### What the task asks
Report how many lines of the listing contain the string "greatest", with no other words.

▼▼▼

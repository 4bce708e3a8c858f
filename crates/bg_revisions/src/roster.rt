//! The revisions that exist.
ghost use Rattle.std.specs.Prelude.{◌≡◌, ◌<◌, ◌≤◌, ◌+◌, ◌^◌, true, [], ◌∷◌, ◌++◌, ◌==◌, not, length, map, filter, slice_get, IsNone, IsSome, IsErr, IfSome, IfOk, IfErr, OnOk, OnErr};
ghost use Rattle.std.specs.Option.{option_copied, IsSomeAnd};
ghost use Rattle.bg_revisions.specs.Rosters.{numbered, named, is_well_formed, well_formed, template_of, refused_by, resized, reported, report_of, IsRoster};

use crate::name::Name;
use crate::ports::Ports;
use crate::replica_ports::are_replica_ports;
use crate::revision::Revision;
use crate::revision_fault::RevisionFault;
use bg_strategy::is_dns_label;
use std::alloc::{AllocError, Global};
use std::marker::Model;

/// The most revisions that exist at one time.
pub const MOST_REVISIONS: usize = 64;

/// The revisions that exist, in ascending order of their numbers, and the greatest number ever given.
pub struct Roster {
    alloc: Global,
    replicas: u32,
    last: u64,
    revisions: Vec<Revision>,
}

impl Drop for Roster {
    /// Drops the fields by one call, so that the proofs of what owns a value are short (CONTRIBUTING.md, "What a check costs").
    fn drop(self) {
        let Roster {
            alloc: _,
            replicas: _,
            last: _,
            revisions: _,
        } = self;
    }
}

impl Model for Roster {
    ghost use Rattle.bg_revisions.specs.Rosters.{Listing, IsRoster};

    ghost Value = { Listing };

    ghost view = { λ r. record {
      replicas = r.replicas;
      revisions = r.revisions.items;
      last = r.last;
    } };

    ghost invariant = { λ r. IsRoster (record {
      replicas = r.replicas;
      revisions = r.revisions.items;
      last = r.last;
    }) };
}

impl Roster {
    /// A roster with no revision, for revisions of `replicas` endpoints at full size. The only error is an
    /// allocation failure.
    pub fn new(alloc: Global, replicas: u32) -> Result<Roster, AllocError>
        ensures { IfOk result (λ r. r ≡ record { replicas = replicas; revisions = []; last = 0 }) }
    {
        Ok(Roster {
            alloc,
            replicas,
            last: 0,
            revisions: Vec::with_capacity(alloc, MOST_REVISIONS)?,
        })
    }

    /// Checks the form of a revision's name and ports. The error is `BadName` if the name is not a DNS label;
    /// else `BadPorts` if the ports are not distinct numbers from 1, one for each replica.
    pub fn fits(&self, name: &str, ports: &[u16]) -> Result<(), RevisionFault>
        ensures { result ≡ well_formed self.now.replicas name.now ports.now }
    {
        if !is_dns_label(name) {
            return Err(RevisionFault::BadName);
        }
        if !are_replica_ports(self.replicas, ports) {
            return Err(RevisionFault::BadPorts);
        }
        Ok(())
    }

    /// The number of the revision with this name and these ports; `None` if no revision has the name. The error
    /// is `SameTemplate` if the revision numbered `newest` has both; else `PortsDiffer` if the revision of this
    /// name has other ports or has them in another order.
    pub fn find_template(
        &self,
        newest: u64,
        name: &str,
        ports: &[u16],
    ) -> Result<Option<u64>, RevisionFault>
        ensures { result ≡ template_of newest name.now ports.now self.now.revisions }
    {
        if let Some(revision) = self.find_number(newest) {
            if revision.name.get() == name && revision.ports.get() == ports {
                return Err(RevisionFault::SameTemplate);
            }
        }
        match self.find_name(name) {
            None => Ok(None),
            Some(revision) if revision.ports.get() == ports => Ok(Some(revision.number)),
            Some(_) => Err(RevisionFault::PortsDiffer),
        }
    }

    /// Adds a revision that wants `desired` endpoints and has none available. Gives its number, which is one above
    /// the greatest number ever given. The error is `TooManyRevisions` if 64 revisions exist; else `OutOfMemory` if an
    /// allocation fails. An error changes nothing.
    pub fn add(&mut self, name: &str, ports: &[u16], desired: u32) -> Result<u64, RevisionFault>
        requires fits { is_well_formed self.old.replicas name.now ports.now ≡ true }
        requires is_new { IsNone (named name.now self.old.revisions) }
        requires numbers { self.old.last < 2 ^ 53 }
        ensures number { IfOk result (λ n. n ≡ self.old.last + 1) }
        ensures added { IfOk result (λ n. self.new ≡ record self.old {
          revisions = self.old.revisions ++ record {
            number = n;
            name = name.now;
            ports = ports.now;
            desired = desired;
            available = 0;
          } ∷ [];
          last = n;
        }) }
        ensures full { 64 ≤ length self.old.revisions → IsErr result }
        ensures fault { IfErr result (λ e. e ≡ refused_by self.old.revisions) }
        ensures unchanged { OnErr result (self.new ≡ self.old) }
    {
        if self.revisions.len() >= MOST_REVISIONS {
            return Err(RevisionFault::TooManyRevisions);
        }
        let name = Name::new(self.alloc, name)?;
        let ports = Ports::new(self.alloc, ports)?;
        let number = self.last + 1;
        self.revisions.push(Revision {
            number,
            name,
            ports,
            desired,
            available: 0,
        })?;
        self.last = number;
        Ok(number)
    }

    /// The greatest number ever given; 0 before the first.
    pub fn last(&self) -> u64
        ensures { result ≡ self.now.last }
    {
        self.last
    }

    /// The revision of this name.
    pub fn find_name(&self, name: &str) -> Option<&Revision>
        ensures { option_copied result ≡ named name.now self.now.revisions }
    {
        self.revisions
            .iter()
            .find(|revision| revision.name.get() == name)
    }

    /// The revision of this number.
    pub fn find_number(&self, number: u64) -> Option<&Revision>
        ensures { option_copied result ≡ numbered number self.now.revisions }
    {
        let searched = self
            .revisions
            .binary_search_by_key(&number, |revision| revision.number);
        match searched {
            Ok(place) => Some(&self.revisions[place]),
            Err(_) => None,
        }
    }

    /// How many revisions exist, at most 64.
    pub fn count(&self) -> usize
        ensures count { result ≡ length self.now.revisions }
        ensures every_roster { IsRoster self.now }
    {
        self.revisions.len()
    }

    /// The revision at a place, in ascending order of the numbers; the first place is 0.
    pub fn at(&self, place: usize) -> Option<&Revision>
        ensures { option_copied result ≡ slice_get self.now.revisions place }
    {
        self.revisions.get(place)
    }

    /// All revisions, in ascending order of their numbers.
    pub fn as_slice(&self) -> &[Revision]
        ensures { result.now ≡ self.now.revisions }
    {
        &self.revisions
    }

    /// Sets how many endpoints a revision wants. If `desired` is 0, sets its available endpoints to 0, too.
    pub fn set_desired(&mut self, number: u64, desired: u32)
        requires { IsSome (numbered number self.old.revisions) }
        ensures { self.new ≡ record self.old {
          revisions = map (resized number desired) self.old.revisions;
        } }
    {
        for revision in self.revisions.iter_mut() {
            resize(revision, number, desired);
        }
    }

    /// Sets how many endpoints of a revision are available, as reported. The error is `NoSuchRevision` if no
    /// revision has this number; else `MoreThanDesired` if the revision wants fewer. An error changes nothing.
    pub fn set_available(&mut self, number: u64, available: u32) -> Result<(), RevisionFault>
        ensures result { result ≡ report_of available (numbered number self.old.revisions) }
        ensures reported { OnOk result
            (self.new ≡ record self.old {
              revisions = map (reported number available) self.old.revisions;
            }) }
        ensures unchanged { OnErr result (self.new ≡ self.old) }
    {
        match self.find_number(number) {
            None => return Err(RevisionFault::NoSuchRevision),
            Some(revision) if revision.desired < available => {
                return Err(RevisionFault::MoreThanDesired);
            }
            Some(_) => {}
        }
        for revision in self.revisions.iter_mut() {
            report(revision, number, available);
        }
        Ok(())
    }

    /// Removes a revision that wants no endpoint. No later revision gets its number.
    pub fn remove(&mut self, number: u64)
        requires { IsSomeAnd (numbered number self.old.revisions) (λ v. v.desired ≡ 0) }
        ensures { self.new ≡ record self.old
            { revisions = filter (λ v. not (v.number == number)) self.old.revisions } }
    {
        self.revisions.retain(|revision| revision.number != number);
    }
}

/// Sets how many endpoints the revision wants, if it has this number.
fn resize(revision: &mut Revision, number: u64, desired: u32)
    ensures { revision.new ≡ resized number desired revision.old }
{
    if revision.number == number {
        revision.desired = desired;
        if desired == 0 {
            revision.available = 0;
        }
    }
}

/// Sets how many endpoints of the revision are available, if it has this number.
fn report(revision: &mut Revision, number: u64, available: u32)
    ensures { revision.new ≡ reported number available revision.old }
{
    if revision.number == number {
        revision.available = available;
    }
}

▲▲▲

### Result of the exercise
3